Specifically, the reader Radio Frequency (RF) antenna emits electromagnetic waves of a certain frequency and forms an effective reading area around the bumper of the vehicle. As the vehicle travels, the RFID tags enter the reading area, and the tags begin to gain energy due to the inductive coupling between the reader and the tags. The built-in rectification circuit of the tag rectifies and smooth the energy to generate a direct voltage. When the direct voltage reaches the required operating voltage of the circuit, the circuit in the tag is activated. Firstly, the tag can transmit the information to the reader in a load-modulated manner. After receiving the modulation signal, the reader antenna sends the modulation information to the information processing unit and then demodulates and decodes it into usable information. In addition, when the antenna receives the signal, the dashboard speed obtained via the inertial sensors equipped in the vehicle should be sent to the RFID tag via the RFID reader. In addition, the current state information of the vehicle will be transmitted to the reader antenna after being coded and modulated by the information processing unit. Afterwards, the antenna is written to the tag via the 24-bit EPC (Electronic Product Code) code to replace the original status information in the tag.

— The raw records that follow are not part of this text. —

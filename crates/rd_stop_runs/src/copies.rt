//! Copies a desk from one database to another, in a function without a clause, so that a proof of a run does not carry
//! those of the store.

use rd_store::{CreateFault, Refused, Store};
use sqlite::{Alter, Connection};
use std::alloc::Global;

/// Copies the desk of a store over a connection to another database, and gives the store of the copy.
///
/// It fails with the reason and the connection.
pub(crate) fn copy<S: Alter + Drop>(
    alloc: Global,
    from: &mut Store<S>,
    conn: Connection<S>,
) -> Result<Store<S>, (CreateFault, Connection<S>)> {
    if !conn.is_autocommit() {
        return Err((CreateFault::Sql, conn));
    }
    match from.copy(alloc, conn) {
        Ok(store) => Ok(store),
        Err(Refused { fault, conn }) => Err((fault, conn)),
    }
}
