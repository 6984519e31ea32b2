//! The two files of a database.

use crate::drive::{Drive, Sort};
use rand_pcg::Pcg32;
use sqlite::{Connection, Error, ErrorCode, FileStore, Files, Options};
use sqlite_disk::Fuse;
use std::alloc::{AllocError, Global};

/// The two files of a database. Each stops after so many calls.
pub(crate) type Drives = Files<Fuse<Drive>>;

/// A store over two such files.
pub(crate) type FilesStore = FileStore<Fuse<Drive>>;

/// One of the two files.
#[derive(Clone, Copy, PartialEq, Eq)]
pub(crate) enum File {
    Database,
    Log,
}

impl File {
    /// Its name in the output.
    pub(crate) fn name(self) -> &'static str {
        match self {
            File::Database => "database file",
            File::Log => "log",
        }
    }

    /// How many of its calls went through.
    pub(crate) fn calls(self, files: &Drives) -> u64 {
        match self {
            File::Database => files.db.inner().calls,
            File::Log => files.log.inner().calls,
        }
    }
}

/// How often two files synced, together.
pub(crate) fn syncs_of(files: &Drives) -> u64 {
    let (db, log) = (files.db.inner().syncs, files.log.inner().syncs);
    db.saturating_add(log)
}

/// Whether neither of two files has changed since its last sync.
pub(crate) fn are_settled(files: &Drives) -> bool {
    files.db.inner().is_settled() && files.log.inner().is_settled()
}

/// Whether two files hold what they were made with: no change, and no sync of one.
pub(crate) fn are_untouched(files: &Drives) -> bool {
    syncs_of(files) == 0 && are_settled(files)
}

/// A stop: of which file, and how many of its calls go through before.
#[derive(Clone, Copy)]
pub(crate) struct Stop {
    pub(crate) file: File,
    pub(crate) calls: u64,
}

/// How many calls of a file go through under a stop.
fn calls_of(file: File, stop: Option<Stop>) -> u64 {
    match stop {
        Some(stop) if stop.file == file => stop.calls,
        _ => u64::MAX,
    }
}

/// How many bytes a page has, and a log at least in which there is one.
const PAGE_BYTES: usize = 4_096;

/// At which byte a database file says how many bytes its pages end in that hold no row, and how many those of a sum are.
const SUM_PLACE: usize = 20;

const SUM_BYTES: u8 = 8;

/// How many bytes stand behind the last page of a torn log: less than a page has.
const TORN_BYTES: usize = 3_000;

/// How many pages two files of so many bytes hold at most.
fn pages_in(log: usize, db: usize) -> usize {
    (log / PAGE_BYTES).saturating_add(db / PAGE_BYTES)
}

/// How many pages two files hold at most.
pub(crate) fn pages_of(files: &Drives) -> usize {
    pages_in(files.log.inner().size(), files.db.inner().size())
}

/// The bytes of a database's two files.
#[derive(Drop)]
pub(crate) struct Pair {
    log: Vec<u8>,
    db: Vec<u8>,
}

impl Pair {
    /// Two empty files.
    pub(crate) fn empty(alloc: Global) -> Pair {
        Pair {
            log: Vec::new(alloc),
            db: Vec::new(alloc),
        }
    }

    /// The same bytes.
    pub(crate) fn copy(&self) -> Result<Pair, AllocError> {
        Ok(Pair {
            log: Vec::from_slice(*self.log.allocator(), self.log.as_slice())?,
            db: Vec::from_slice(*self.db.allocator(), self.db.as_slice())?,
        })
    }

    /// The same bytes, and behind those of the log some of a page that was not written whole.
    pub(crate) fn torn(&self) -> Result<Pair, AllocError> {
        let mut pair = self.copy()?;
        let len = pair.log.len().saturating_add(TORN_BYTES);
        pair.log.resize(len, 0xa5)?;
        Ok(pair)
    }

    /// Whether both have the same bytes.
    pub(crate) fn is_same(&self, other: &Pair) -> bool {
        self.log.as_slice() == other.log.as_slice() && self.db.as_slice() == other.db.as_slice()
    }

    /// Whether pages are in the log.
    pub(crate) fn has_logged(&self) -> bool {
        self.log.len() >= PAGE_BYTES
    }

    /// Whether the pages of the database file end in sums.
    pub(crate) fn has_sums(&self) -> bool {
        match self.db.get(SUM_PLACE) {
            Some(byte) => *byte == SUM_BYTES,
            None => false,
        }
    }

    /// How many pages both hold at most.
    fn pages(&self) -> usize {
        pages_in(self.log.len(), self.db.len())
    }

    /// How a connection reads both without a change. Only their own pages have room in memory, since making room takes
    /// time.
    pub(crate) fn options(&self, salt: u64) -> Options {
        Options {
            cache_pages: self.pages(),
            ..options(salt, USUAL_FRAMES)
        }
    }

    /// Files in memory with these bytes, of a sort and under a stop.
    pub(crate) fn files(
        &self,
        alloc: Global,
        sort: Sort,
        stop: Option<Stop>,
    ) -> Result<Drives, AllocError> {
        let log = Drive::new(alloc, self.log.as_slice(), sort)?;
        let db = Drive::new(alloc, self.db.as_slice(), sort)?;
        Ok(Files {
            log: Fuse::new(log, calls_of(File::Log, stop)),
            db: Fuse::new(db, calls_of(File::Database, stop)),
        })
    }

    /// What a crash leaves that loses nothing.
    pub(crate) fn kept(files: &Drives) -> Result<Pair, AllocError> {
        Ok(Pair {
            log: files.log.inner().kept()?,
            db: files.db.inner().kept()?,
        })
    }

    /// What a crash leaves that loses all changes since the last syncs.
    pub(crate) fn lost(files: &Drives) -> Result<Pair, AllocError> {
        Ok(Pair {
            log: files.log.inner().lost()?,
            db: files.db.inner().lost()?,
        })
    }

    /// What a crash leaves that keeps a part of them. Draws say which.
    pub(crate) fn part(files: &Drives, draws: &mut Pcg32) -> Result<Pair, AllocError> {
        Ok(Pair {
            log: files.log.inner().part(draws)?,
            db: files.db.inner().part(draws)?,
        })
    }
}

/// How many pages have room in memory where no more is said: all of a base.
const CACHE_PAGES: usize = 512;

/// How many pages the log holds, where no more is said, when a commit copies it into the database.
pub(crate) const USUAL_FRAMES: usize = 1_000;

/// How a connection reads and writes: from which number it makes the salts of its log, and how many
/// pages the log holds when a commit copies it into the database before it writes.
pub(crate) fn options(salt: u64, frames: usize) -> Options {
    Options {
        cache_pages: CACHE_PAGES,
        checkpoint_frames: frames,
        ..Options::new(salt)
    }
}

/// Connects to the database in two files. Where they are new, its pages get sums if that is asked for.
///
/// It fails with the error and the files.
pub(crate) fn connect(
    alloc: Global,
    files: Drives,
    options: Options,
    new_has_sums: bool,
) -> Result<Connection<FilesStore>, (Error, Drives)> {
    if !files.may_be_used() {
        return Err((Error::SqliteFailure(ErrorCode::SystemIoFailure), files));
    }
    match Connection::open_files_with(alloc, files, options, new_has_sums) {
        Ok(conn) => Ok(conn),
        Err((error, left)) => Err((error, left.into_files())),
    }
}

/// The files of a connection, with the log as it is. What is not committed is left out.
pub(crate) fn into_files(conn: Connection<FilesStore>) -> Drives {
    conn.into_store().close()
}

/// The files of a connection that is closed: as far as they do not stop, the log is copied into the
/// database.
pub(crate) fn close(conn: Connection<FilesStore>) -> Drives {
    match conn.close_files() {
        Ok(files) => files,
        Err((_, store)) => store.close(),
    }
}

Considering that the time between passing two tags is very short when the vehicle is driving at a high speed, and the speed usually gradually changes in different environments (i.e., tunnel), we only needed to collect the historical information of the vehicle speed to predict a vehicle’s speed. In this paper, we describe the state equation and observation equation of the vehicle speed in our system model as follows:

$$\begin{array}{c}{x}_{k+1}=f\left(x_k\right)+W_k\hfill \end{array}$$

(5)

$$\begin{array}{c}{z}_k=h\left(x_k\right)+V_k\hfill \end{array}$$

(6)

where $x_k$ denotes the state vector of the system, and $z_k$ denotes the noisy observation vector of the system. The random variables $W_k$ and $V_k$ denote the process noise and measurement noise, respectively. We assume that $W_k$ and $V_k$ are white noises that are independent of each other and with a Gaussian distribution:

$$\begin{array}{c}{W}_k\sim N(0,Q_k)\hfill \end{array}$$

(7)

$$\begin{array}{c}{V}_k\sim N(0,R_k)\hfill \end{array}$$

(8)

where $Q_k$ denotes the process noise covariance, and $R_k$ denotes the measurement noise covariance.

In the next subsection, we focus on illustrating the speed prediction subsystem.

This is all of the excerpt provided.